Collected data:
:::::
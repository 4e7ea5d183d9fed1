//! Parts of texts: XPath 1.0, section 4.2.

ghost use Rattle.std.specs.Prelude.{◌≡◌, IfErr, IfOk, IfSome, List};
ghost use Rattle.std.specs.List.{slice_get};
ghost use Rattle.xpath_values.specs.declared.ValueFault.TheVariants.{NoMemory as OutOfMemory};
ghost use Rattle.xpath_values.specs.Answers.{Yields, and_then};
ghost use Rattle.xpath_values.specs.Numbers.{IsNumber};
ghost use Rattle.xpath_values.specs.Texts as texts;
ghost use Rattle.xpath_values.specs.Values.{Meant, number_of, string_of};
ghost use Rattle.xpath_meaning.specs.Context.{Context};
ghost use Rattle.xpath_meaning.specs.Functions.{argument, substring_of};
ghost use Rattle.xpath_meaning.specs.Scope.{AreHeld, AreValuesOf, IsScope};
ghost use Rattle.xpath_calls.specs.Parts.{number_if};

use std::alloc::Global;
use vtd_words::Words;
use xml_model::Text;
use xpath_meaning::{Scope, Values, number_at, text_at, to_number, value_at};
use xpath_values::{Number, ValueFault, substring};

/// The third argument as a number, where it is there.
fn count_at<W: Words>(
    scope: &Scope<'_, '_, W>,
    arguments: &Values,
) -> Result<Option<Number>, ValueFault>
    requires { AreValuesOf scope.now arguments.now }
    ensures number { (c : Context) → IsScope scope.now c → (vs : List Meant) → AreHeld c.document arguments.now vs →
        result ≡ number_if (slice_get vs 2) }
    ensures fits { IfOk result (λ n. IfSome n IsNumber) }
{
    match value_at(arguments, 2) {
        None => Ok(None),
        Some(value) => match to_number(scope, value) {
            Ok(count) => Ok(Some(count)),
            Err(fault) => Err(fault),
        },
    }
}

/// The part of a text from a position on, of so many characters.
fn part_in(
    alloc: Global,
    text: &Text,
    from: Number,
    count: Option<Number>,
) -> Result<Text, ValueFault>
    requires from { IsNumber from }
    requires count { IfSome count IsNumber }
    ensures text { IfOk result (λ t. t ≡ texts.substring text.now from count) }
    ensures full { IfErr result (λ e. e ≡ OutOfMemory) }
{
    match substring(alloc, text, from, count) {
        Ok(text) => Ok(text),
        Err(_) => Err(ValueFault::NoMemory),
    }
}

/// The part of the first argument from a position on, of so many characters.
fn part_at<W: Words>(
    scope: &Scope<'_, '_, W>,
    arguments: &Values,
    from: Number,
    count: Option<Number>,
) -> Result<Text, ValueFault>
    requires arguments { AreValuesOf scope.now arguments.now }
    requires from { IsNumber from }
    requires count { IfSome count IsNumber }
    ensures text { IfOk result (λ t. (c : Context) → IsScope scope.now c → (vs : List Meant) →
        AreHeld c.document arguments.now vs → t ≡ texts.substring (string_of (argument 0 vs)) from count) }
    ensures full { IfErr result (λ e. e ≡ OutOfMemory) }
{
    match text_at(scope, arguments, 0) {
        Err(fault) => Err(fault),
        Ok(text) => part_in(scope.alloc, &text, from, count),
    }
}

/// The part of the first argument from a position on, of as many characters as the third says, or of all.
fn part_from<W: Words>(
    scope: &Scope<'_, '_, W>,
    arguments: &Values,
    from: Number,
) -> Result<Text, ValueFault>
    requires arguments { AreValuesOf scope.now arguments.now }
    requires from { IsNumber from }
    ensures { (c : Context) → IsScope scope.now c → (vs : List Meant) → AreHeld c.document arguments.now vs →
        Yields result (substring_of (string_of (argument 0 vs)) from (slice_get vs 2)) }
{
    match count_at(scope, arguments) {
        Err(fault) => Err(fault),
        Ok(count) => part_at(scope, arguments, from, count),
    }
}

/// The part of the first argument from the position on that the second says, of as many characters as the third says,
/// or of all. The second is converted first.
pub fn part<W: Words>(scope: &Scope<'_, '_, W>, arguments: &Values) -> Result<Text, ValueFault>
    requires { AreValuesOf scope.now arguments.now }
    ensures { (c : Context) → IsScope scope.now c → (vs : List Meant) → AreHeld c.document arguments.now vs →
        Yields result (and_then (number_of (argument 1 vs))
        (λ from. substring_of (string_of (argument 0 vs)) from (slice_get vs 2))) }
{
    match number_at(scope, arguments, 1) {
        Err(fault) => Err(fault),
        Ok(from) => part_from(scope, arguments, from),
    }
}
:::::
**WHAT THE TASK ASKS**
Would you copy every line of the entries in which "ValueFault" appears?

**COMPLETED TASK**
ghost use Rattle.xpath_values.specs.declared.ValueFault.TheVariants.{NoMemory as OutOfMemory};
use xpath_values::{Number, ValueFault, substring};
) -> Result<Option<Number>, ValueFault>
) -> Result<Text, ValueFault>
        Err(_) => Err(ValueFault::NoMemory),
) -> Result<Text, ValueFault>
) -> Result<Text, ValueFault>
pub fn part<W: Words>(scope: &Scope<'_, '_, W>, arguments: &Values) -> Result<Text, ValueFault>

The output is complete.